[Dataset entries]
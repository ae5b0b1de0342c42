//! The audit of a log whose verdict is written as a JSON object.

ghost use Rattle.std.specs.Prelude.{◌≡◌, IfOk, string_bytes};
ghost use Rattle.hsms_frame.specs.Io.{IfRecorded};
ghost use Rattle.hsms_log.specs.Auditing.{HasEnded};
ghost use Rattle.cli_filters.specs.Audit.{AuditsAsText, CountsVerdict, writes_after};
ghost use Rattle.cli_filters.specs.AuditReport.{after_audit};
ghost use Rattle.cli_reports.specs.JsonObject.{object_line};

use crate::json_object::log_object;
use cli_filters::{AuditError, AuditReport};
use hsms_frame::{Sink, Source, give_all};
use hsms_log::{Verdict, audit};
use std::alloc::{AllocError, Global};

/// Audits a log, counts it, and writes its object, as [`verdict_to`](cli_filters::verdict_to) writes its line. If only
/// failing logs are written, the object of a pass is left out.
///
/// # Errors
///
/// Those of [`verdict_to`](cli_filters::verdict_to). The log is not counted.
pub fn write_object<R: Source, W: Sink>(
    report: &mut AuditReport,
    alloc: Global,
    file: &str,
    source: &mut R,
    sink: &mut W,
) -> Result<Verdict, AuditError>
    ensures object { IfRecorded (R.state source.old).left (λ input.
        AuditsAsText (object_line report.old.quiet file.now) input result
        (R.state source.new).left (HasEnded (R.state source.old).ends (R.state source.new).ends)
        (W.state sink.old).written (W.state sink.new).written) }
    ensures reads { CountsVerdict result (R.state source.old) (R.state source.new) }
    ensures writes { (W.state sink.new).failures ≡ writes_after result (W.state sink.old).failures }
    ensures counts { report.new ≡ after_audit report.old result }
{
    let verdict = audit(alloc, source)?;
    let line = line_of(alloc, report.quiet, file, verdict)?;
    give_all(sink, line.as_bytes())?;
    *report = report.counting(verdict);
    Ok(verdict)
}

// Returns what is written of a log.
fn line_of(alloc: Global, quiet: bool, file: &str, verdict: Verdict) -> Result<String, AllocError>
    ensures { IfOk result (λ line. string_bytes line ≡ object_line quiet file.now verdict) }
{
    if quiet && matches!(verdict, Verdict::Pass(_)) {
        return Ok(String::new(alloc));
    }
    log_object(alloc, file, verdict)
}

→ **ASSIGNED TASK**
Filter the entries down to the lines holding the string "ensures". Copy each of those lines.

→ **ANSWER SPACE**
    ensures object { IfRecorded (R.state source.old).left (λ input.
    ensures reads { CountsVerdict result (R.state source.old) (R.state source.new) }
    ensures writes { (W.state sink.new).failures ≡ writes_after result (W.state sink.old).failures }
    ensures counts { report.new ≡ after_audit report.old result }
    ensures { IfOk result (λ line. string_bytes line ≡ object_line quiet file.now verdict) }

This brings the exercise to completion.